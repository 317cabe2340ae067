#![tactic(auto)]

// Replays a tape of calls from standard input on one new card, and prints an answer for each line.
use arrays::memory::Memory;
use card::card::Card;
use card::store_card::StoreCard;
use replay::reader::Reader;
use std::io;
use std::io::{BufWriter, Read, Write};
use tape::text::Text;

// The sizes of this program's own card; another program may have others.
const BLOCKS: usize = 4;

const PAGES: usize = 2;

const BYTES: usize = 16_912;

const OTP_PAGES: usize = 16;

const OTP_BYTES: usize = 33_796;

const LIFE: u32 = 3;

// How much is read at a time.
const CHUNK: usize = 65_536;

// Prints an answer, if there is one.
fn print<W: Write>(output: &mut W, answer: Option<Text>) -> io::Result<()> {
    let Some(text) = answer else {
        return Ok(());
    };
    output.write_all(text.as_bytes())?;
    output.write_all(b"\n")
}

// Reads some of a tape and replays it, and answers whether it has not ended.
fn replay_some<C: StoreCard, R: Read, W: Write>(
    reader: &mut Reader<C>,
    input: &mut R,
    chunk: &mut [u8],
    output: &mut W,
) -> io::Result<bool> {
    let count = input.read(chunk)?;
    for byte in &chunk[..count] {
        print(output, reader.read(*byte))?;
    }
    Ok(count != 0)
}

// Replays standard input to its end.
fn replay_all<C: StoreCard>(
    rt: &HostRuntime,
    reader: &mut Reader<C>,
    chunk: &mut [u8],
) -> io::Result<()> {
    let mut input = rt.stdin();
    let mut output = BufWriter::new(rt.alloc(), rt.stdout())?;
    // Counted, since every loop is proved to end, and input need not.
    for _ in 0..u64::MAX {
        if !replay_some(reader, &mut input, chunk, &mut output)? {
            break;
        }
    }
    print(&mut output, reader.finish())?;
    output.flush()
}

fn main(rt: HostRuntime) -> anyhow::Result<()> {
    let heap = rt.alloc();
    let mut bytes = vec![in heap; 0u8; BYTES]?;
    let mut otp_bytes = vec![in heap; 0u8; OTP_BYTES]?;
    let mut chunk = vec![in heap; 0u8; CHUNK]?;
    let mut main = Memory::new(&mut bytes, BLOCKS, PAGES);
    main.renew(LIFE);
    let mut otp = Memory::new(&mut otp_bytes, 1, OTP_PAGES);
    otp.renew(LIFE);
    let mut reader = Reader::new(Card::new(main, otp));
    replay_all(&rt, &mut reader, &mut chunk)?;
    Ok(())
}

...

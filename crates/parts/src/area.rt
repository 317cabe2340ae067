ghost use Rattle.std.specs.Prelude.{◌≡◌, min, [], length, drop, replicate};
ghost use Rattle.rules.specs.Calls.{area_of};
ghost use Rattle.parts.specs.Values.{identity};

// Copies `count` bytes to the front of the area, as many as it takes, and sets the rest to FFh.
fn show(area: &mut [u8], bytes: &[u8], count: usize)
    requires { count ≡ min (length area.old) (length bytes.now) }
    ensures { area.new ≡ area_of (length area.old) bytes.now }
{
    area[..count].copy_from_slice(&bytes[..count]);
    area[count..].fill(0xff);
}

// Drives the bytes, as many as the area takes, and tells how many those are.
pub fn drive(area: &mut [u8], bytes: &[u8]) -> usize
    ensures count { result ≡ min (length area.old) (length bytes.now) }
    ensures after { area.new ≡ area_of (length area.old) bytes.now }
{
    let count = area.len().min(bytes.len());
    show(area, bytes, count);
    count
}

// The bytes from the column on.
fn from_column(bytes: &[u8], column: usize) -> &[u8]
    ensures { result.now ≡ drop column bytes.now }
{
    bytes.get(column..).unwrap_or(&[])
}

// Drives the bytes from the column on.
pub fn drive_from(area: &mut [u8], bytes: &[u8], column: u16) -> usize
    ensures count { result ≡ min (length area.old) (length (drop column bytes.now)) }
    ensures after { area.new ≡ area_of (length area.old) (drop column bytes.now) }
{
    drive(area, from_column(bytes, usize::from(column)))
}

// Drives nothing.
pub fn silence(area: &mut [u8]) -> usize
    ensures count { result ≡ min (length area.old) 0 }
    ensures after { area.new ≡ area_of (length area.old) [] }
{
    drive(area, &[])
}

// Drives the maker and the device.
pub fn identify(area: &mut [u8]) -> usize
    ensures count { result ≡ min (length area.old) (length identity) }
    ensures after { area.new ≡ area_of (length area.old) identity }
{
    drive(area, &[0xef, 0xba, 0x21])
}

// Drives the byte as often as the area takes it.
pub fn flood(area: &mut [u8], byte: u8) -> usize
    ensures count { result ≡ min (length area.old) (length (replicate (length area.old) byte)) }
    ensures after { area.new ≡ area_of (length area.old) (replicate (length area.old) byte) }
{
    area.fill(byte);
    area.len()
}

---

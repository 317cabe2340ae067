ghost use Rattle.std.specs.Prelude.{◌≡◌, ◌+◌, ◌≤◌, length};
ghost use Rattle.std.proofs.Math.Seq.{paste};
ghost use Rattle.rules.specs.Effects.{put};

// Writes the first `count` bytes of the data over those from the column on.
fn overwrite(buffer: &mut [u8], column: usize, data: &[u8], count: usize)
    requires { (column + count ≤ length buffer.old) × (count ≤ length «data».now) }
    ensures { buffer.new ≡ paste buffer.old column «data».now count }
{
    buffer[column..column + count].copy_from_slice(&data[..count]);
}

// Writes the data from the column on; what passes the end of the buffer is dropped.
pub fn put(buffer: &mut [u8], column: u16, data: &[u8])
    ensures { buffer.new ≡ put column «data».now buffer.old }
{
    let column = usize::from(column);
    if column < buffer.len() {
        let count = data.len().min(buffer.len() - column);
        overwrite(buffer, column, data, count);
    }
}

▶ _ACTION ITEM_
Using the listing above, list every line in which the string "output" occurs.

▶ _TASK RESULT_
fn print<W: Write>(output: &mut W, answer: Option<Text>) -> io::Result<()> {
    output.write_all(text.as_bytes())?;
    output.write_all(b"\n")
    output: &mut W,
        print(output, reader.read(*byte))?;
    let mut output = BufWriter::new(rt.alloc(), rt.stdout())?;
        if !replay_some(reader, &mut input, chunk, &mut output)? {
    print(&mut output, reader.finish())?;
    output.flush()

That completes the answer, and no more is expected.